Quality control in nucleic acid testing--where do we stand?

Quality control has been playing an increasingly important role in the implementation of nucleic acid amplification techniques (NATs) for clinical diagnosis since the introduction of these methods in the early 1990s. Initial multicenter studies involving hepatitis B virus (HBV), hepatitis C virus (HCV), Mycobacterium tuberculosis, and human immunodeficiency virus type 1 (HIV-1) revealed serious problems in specificity (false-positive rates of ca. 40%) and sensitivity, large variations in quantitative results, and a plethora of units (largely not comparable between assays). The problem areas identified included the need for standardized reagents and common units, contamination control mechanisms, inhibition control mechanisms, genotype-independent detection and quantitation, facilitated nucleic acid isolation procedures, clinically relevant dynamic ranges, and internal run controls.

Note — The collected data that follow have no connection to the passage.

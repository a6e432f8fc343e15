//! The densities and momenta of a flow along a row of cells.

ghost use Rattle.std.specs.Prelude.{◌≡◌, ◌<◌, ◌≤◌, ◌^◌, ℕ, ℤ, pos, ◌+ℤ◌, ◌-ℤ◌, ◌*ℤ◌, IsNone, IfOk, length, slice_index_or, unsigned_abs};
ghost use Rattle.lbm_space.specs.Torus.{rows as row_count};
ghost use Rattle.lbm_tracer.specs.FlowRows.{HasRoom, HasMoments, moment_at};

use lbm_cell::Moment;
use lbm_lattice::Pattern;
use lbm_model::{Gate, at_set};
use lbm_space::{Memory, VelocitySet};
use std::alloc::Allocator;

/// The densities and momenta of a flow in the cells of a row, with room to read a row.
#[derive(Drop)]
pub(crate) struct FlowRow<A: Allocator> {
    pops: Vec<i64, A>,
    rho: Vec<i64, A>,
    x: Vec<i64, A>,
    y: Vec<i64, A>,
    z: Vec<i64, A>,
}

// Sets each number to 0.
fn clear(sums: &mut [i64])
    ensures room { length sums.new ≡ length sums.old }
    ensures zeros { (x : ℕ) → x < length sums.new → slice_index_or sums.new x (pos 0) ≡ pos 0 }
{
    for x in 0..sums.len() {
        sums[x] = 0;
    }
}

// Adds a number to each sum.
fn plus(sums: &mut [i64], f: &[i64])
    requires room { length f.now ≡ length sums.old }
    requires sums { (x : ℕ) → x < length sums.old → unsigned_abs (slice_index_or sums.old x (pos 0)) ≤ 2 ^ 40 }
    requires small { (x : ℕ) → x < length sums.old → unsigned_abs (slice_index_or f.now x (pos 0)) ≤ 2 ^ 31 }
    ensures room { length sums.new ≡ length sums.old }
    ensures value { (x : ℕ) → x < length sums.old → slice_index_or sums.new x (pos 0) ≡ slice_index_or sums.old x (pos 0) +ℤ slice_index_or f.now x (pos 0) }
{
    for x in 0..sums.len() {
        sums[x] += f[x];
    }
}

// Subtracts a number from each sum.
fn minus(sums: &mut [i64], f: &[i64])
    requires room { length f.now ≡ length sums.old }
    requires sums { (x : ℕ) → x < length sums.old → unsigned_abs (slice_index_or sums.old x (pos 0)) ≤ 2 ^ 40 }
    requires small { (x : ℕ) → x < length sums.old → unsigned_abs (slice_index_or f.now x (pos 0)) ≤ 2 ^ 31 }
    ensures room { length sums.new ≡ length sums.old }
    ensures value { (x : ℕ) → x < length sums.old → slice_index_or sums.new x (pos 0) ≡ slice_index_or sums.old x (pos 0) -ℤ slice_index_or f.now x (pos 0) }
{
    for x in 0..sums.len() {
        sums[x] -= f[x];
    }
}

// Adds c times a number to each sum.
fn add(sums: &mut [i64], c: i64, f: &[i64])
    requires unit { unsigned_abs c ≤ 1 }
    requires room { length f.now ≡ length sums.old }
    requires sums { (x : ℕ) → x < length sums.old → unsigned_abs (slice_index_or sums.old x (pos 0)) ≤ 2 ^ 40 }
    requires small { (x : ℕ) → x < length sums.old → unsigned_abs (slice_index_or f.now x (pos 0)) ≤ 2 ^ 31 }
    ensures room { length sums.new ≡ length sums.old }
    ensures value { (x : ℕ) → x < length sums.old → slice_index_or sums.new x (pos 0) ≡ slice_index_or sums.old x (pos 0) +ℤ c *ℤ slice_index_or f.now x (pos 0) }
{
    if c == 1 {
        plus(sums, f);
    } else if c == -1 {
        minus(sums, f);
    }
}

impl<A: Allocator + Copy> FlowRow<A> {
    /// Room for rows of so many cells. Want of memory is the only refusal.
    pub(crate) fn new(heap: A, width: usize) -> Result<FlowRow<A>, Memory>
        ensures { IfOk result (HasRoom width) }
    {
        Ok(FlowRow {
            pops: Vec::from_elem(heap, 0i64, width)?,
            rho: Vec::from_elem(heap, 0i64, width)?,
            x: Vec::from_elem(heap, 0i64, width)?,
            y: Vec::from_elem(heap, 0i64, width)?,
            z: Vec::from_elem(heap, 0i64, width)?,
        })
    }
}

impl<A: Allocator> FlowRow<A> {
    /// The density and the momentum of the cell at x.
    #[inline(always)]
    pub(crate) fn moment(&self, x: usize) -> Moment
        requires { (n : ℕ) × HasRoom n self.now × (x < n) }
        ensures { result ≡ moment_at self.now x }
    {
        Moment {
            rho: self.rho[x],
            jx: self.x[x],
            jy: self.y[x],
            jz: self.z[x],
        }
    }

    /// Reads a row of a flow.
    pub(crate) fn read<G: Gate, P: Pattern<G>>(&mut self, flow: &P, row: u32)
        requires not_spent { IsNone (P.standing flow.now).spent }
        requires row { row < row_count (P.standing flow.now).case.torus }
        requires room { HasRoom (P.standing flow.now).case.torus.nx self.old }
        ensures room { HasRoom (P.standing flow.now).case.torus.nx self.new }
        ensures moments { HasMoments (P.standing flow.now) row self.new }
    {
        at_set!(flow.case().set(), read_by::<G, P, A>(self, flow, row))
    }
}

// Reads a row of a flow, direction by direction, by the velocity set of its case.
fn read_by<V: VelocitySet, G: Gate, P: Pattern<G>, A: Allocator>(
    sums: &mut FlowRow<A>,
    flow: &P,
    row: u32,
)
    requires set { (P.standing flow.now).case.stencil ≡ V.stencil }
    requires not_spent { IsNone (P.standing flow.now).spent }
    requires row { row < row_count (P.standing flow.now).case.torus }
    requires room { HasRoom (P.standing flow.now).case.torus.nx sums.old }
    ensures room { HasRoom (P.standing flow.now).case.torus.nx sums.new }
    ensures moments { HasMoments (P.standing flow.now) row sums.new }
{
    clear(&mut sums.rho);
    clear(&mut sums.x);
    clear(&mut sums.y);
    clear(&mut sums.z);
    for i in 0..V::Q {
        flow.read_row(row, i as u32, &mut sums.pops);
        let c = V::c(i);
        plus(&mut sums.rho, &sums.pops);
        add(&mut sums.x, c[0], &sums.pops);
        add(&mut sums.y, c[1], &sums.pops);
        add(&mut sums.z, c[2], &sums.pops);
    }
}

Progress made in each of these areas will be discussed. In addition to the above-mentioned problem areas, the value of external quality control of existing and evolving NATs was recognized. To this end, the European Union Quality Control Concerted Action for Nucleic Acid Amplification in Diagnostic Virology was established in May 1998. During its three-and-a-half years of existence, a total of 14 proficiency panels containing 8-13 well-characterized, simulated clinical samples of various viral loads and genotypes were prepared for herpesviruses (herpes simplex virus, human cytomegalovirus), blood-borne viruses (HBV, HCV, HIV-1), enteroviruses, and Chlamydia trachomatis, distributed to up to 20 different countries, and tested by up to 97 different laboratories. The results show dramatic improvement in specificity (false-positive rates <3% for most panels), presumably due to a generally greater expertise of participating laboratories, more frequent use of enzymatic or mechanical contamination control mechanisms, and increased utilization of standardized reagents (commercial kits). However, considerable problems with sensitivity remain (false-negative rates up to 50%), reflecting the high detection limits of some commercial viral load kits still on the market as well as inadequate standardization of quantitation controls between assay systems. In conclusion, although considerable progress has been made, quality control of NATs in clinical diagnosis remains an ongoing challenge.